If on review the administrative law judge determines that the existing medical record contains the information necessary to articulate an accurate onset date, there is no obligation to supplement the record. See Henderson ex rel. Henderson v. Apfel, 179 F.3d 507, 513 (7th Cir. 1999). If, however, the record is ambiguous or inconclusive, the administrative law judge must obtain the necessary medical information - either by contacting Shrader's physicians or consulting a medical expert. See Armstrong v. Comm'r of Soc. Sec. Admin., 160 F.3d 587, 590 (9th Cir. 1998). The fact that Shrader is represented by counsel does not absolve this obligation. See DeLorme v. Sullivan, 924 F.2d 841, 849 (9th Cir. 1991).
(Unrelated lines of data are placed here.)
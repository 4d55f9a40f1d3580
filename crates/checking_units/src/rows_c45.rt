//! C45: return does not fit the result: what the definition of checking answers.
ghost use Rattle.std.specs.Prelude.{◌≡◌};
ghost use Rattle.checking_units.specs.Parts.{outcome, breaks};
ghost use Rattle.checking_units.specs.RowsC45 as rows;

/// C45: return does not fit the result.
pub fn rows_c45()
    ensures c45_1 { outcome rows.c45_1 ≡ breaks 45 16 }
    ensures c45_2 { outcome rows.c45_2 ≡ breaks 45 15 }
    ensures c45_3 { outcome rows.c45_3 ≡ breaks 45 16 }
{}
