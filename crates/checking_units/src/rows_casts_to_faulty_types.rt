//! casts to faulty types: what the definition of checking answers.
ghost use Rattle.std.specs.Prelude.{◌≡◌};
ghost use Rattle.checking_units.specs.Parts.{outcome, breaks};
ghost use Rattle.checking_units.specs.RowsCastsToFaultyTypes as rows;

/// casts to faulty types.
pub fn rows_casts_to_faulty_types()
    ensures casts_to_faulty_types_1 { outcome rows.casts_to_faulty_types_1 ≡ breaks 18 37 }
    ensures casts_to_faulty_types_2 { outcome rows.casts_to_faulty_types_2 ≡ breaks 18 16 }
    ensures casts_to_faulty_types_3 { outcome rows.casts_to_faulty_types_3 ≡ breaks 18 16 }
    ensures casts_to_faulty_types_4 { outcome rows.casts_to_faulty_types_4 ≡ breaks 18 16 }
    ensures casts_to_faulty_types_5 { outcome rows.casts_to_faulty_types_5 ≡ breaks 18 18 }
{}
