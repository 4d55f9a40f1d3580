//! C13: no such member: what the definition of checking answers.
ghost use Rattle.std.specs.Prelude.{◌≡◌};
ghost use Rattle.checking_units.specs.Parts.{outcome, breaks};
ghost use Rattle.checking_units.specs.RowsC13 as rows;

/// C13: no such member.
pub fn rows_c13()
    ensures c13_1 { outcome rows.c13_1 ≡ breaks 13 21 }
    ensures c13_2 { outcome rows.c13_2 ≡ breaks 13 47 }
    ensures c13_3 { outcome rows.c13_3 ≡ breaks 13 47 }
    ensures c13_4 { outcome rows.c13_4 ≡ breaks 13 37 }
{}
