//! C31: auto needs one plain initializer: what the definition of checking answers.
ghost use Rattle.std.specs.Prelude.{◌≡◌};
ghost use Rattle.checking_units.specs.Parts.{outcome, breaks};
ghost use Rattle.checking_units.specs.RowsC31 as rows;

/// C31: auto needs one plain initializer.
pub fn rows_c31()
    ensures c31_1 { outcome rows.c31_1 ≡ breaks 31 6 }
    ensures c31_2 { outcome rows.c31_2 ≡ breaks 31 14 }
    ensures c31_3 { outcome rows.c31_3 ≡ breaks 31 6 }
    ensures c31_4 { outcome rows.c31_4 ≡ breaks 31 6 }
    ensures c31_5 { outcome rows.c31_5 ≡ breaks 31 6 }
    ensures c31_6 { outcome rows.c31_6 ≡ breaks 31 1 }
    ensures c31_7 { outcome rows.c31_7 ≡ breaks 31 6 }
    ensures c31_8 { outcome rows.c31_8 ≡ breaks 31 6 }
    ensures c31_9 { outcome rows.c31_9 ≡ breaks 31 21 }
    ensures c31_10 { outcome rows.c31_10 ≡ breaks 31 21 }
    ensures c31_11 { outcome rows.c31_11 ≡ breaks 31 21 }
    ensures c31_12 { outcome rows.c31_12 ≡ breaks 31 21 }
    ensures c31_13 { outcome rows.c31_13 ≡ breaks 31 21 }
{}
The Court makes no determination as to whether these additional measures are necessary.
IV.
For the reasons that have been outlined above, the Court (1) denies the Commissioner's motion for summary judgment, (2) grants Shrader's motion for summary judgment in part and (2) remands the case to the administrative law judge pursuant to sentence four of 42 U.S.C. § 405(g) for further proceedings.
IT IS SO ORDERED.
_________________
JULIAN ABELE COOK, JR.
U.S. District Judge
CERTIFICATE OF SERVICE
The undersigned certifies that the foregoing Order was served upon counsel of record via the Court's ECF System to their respective email addresses or First Class U.S. mail to the non-ECF participants on November 1, 2012.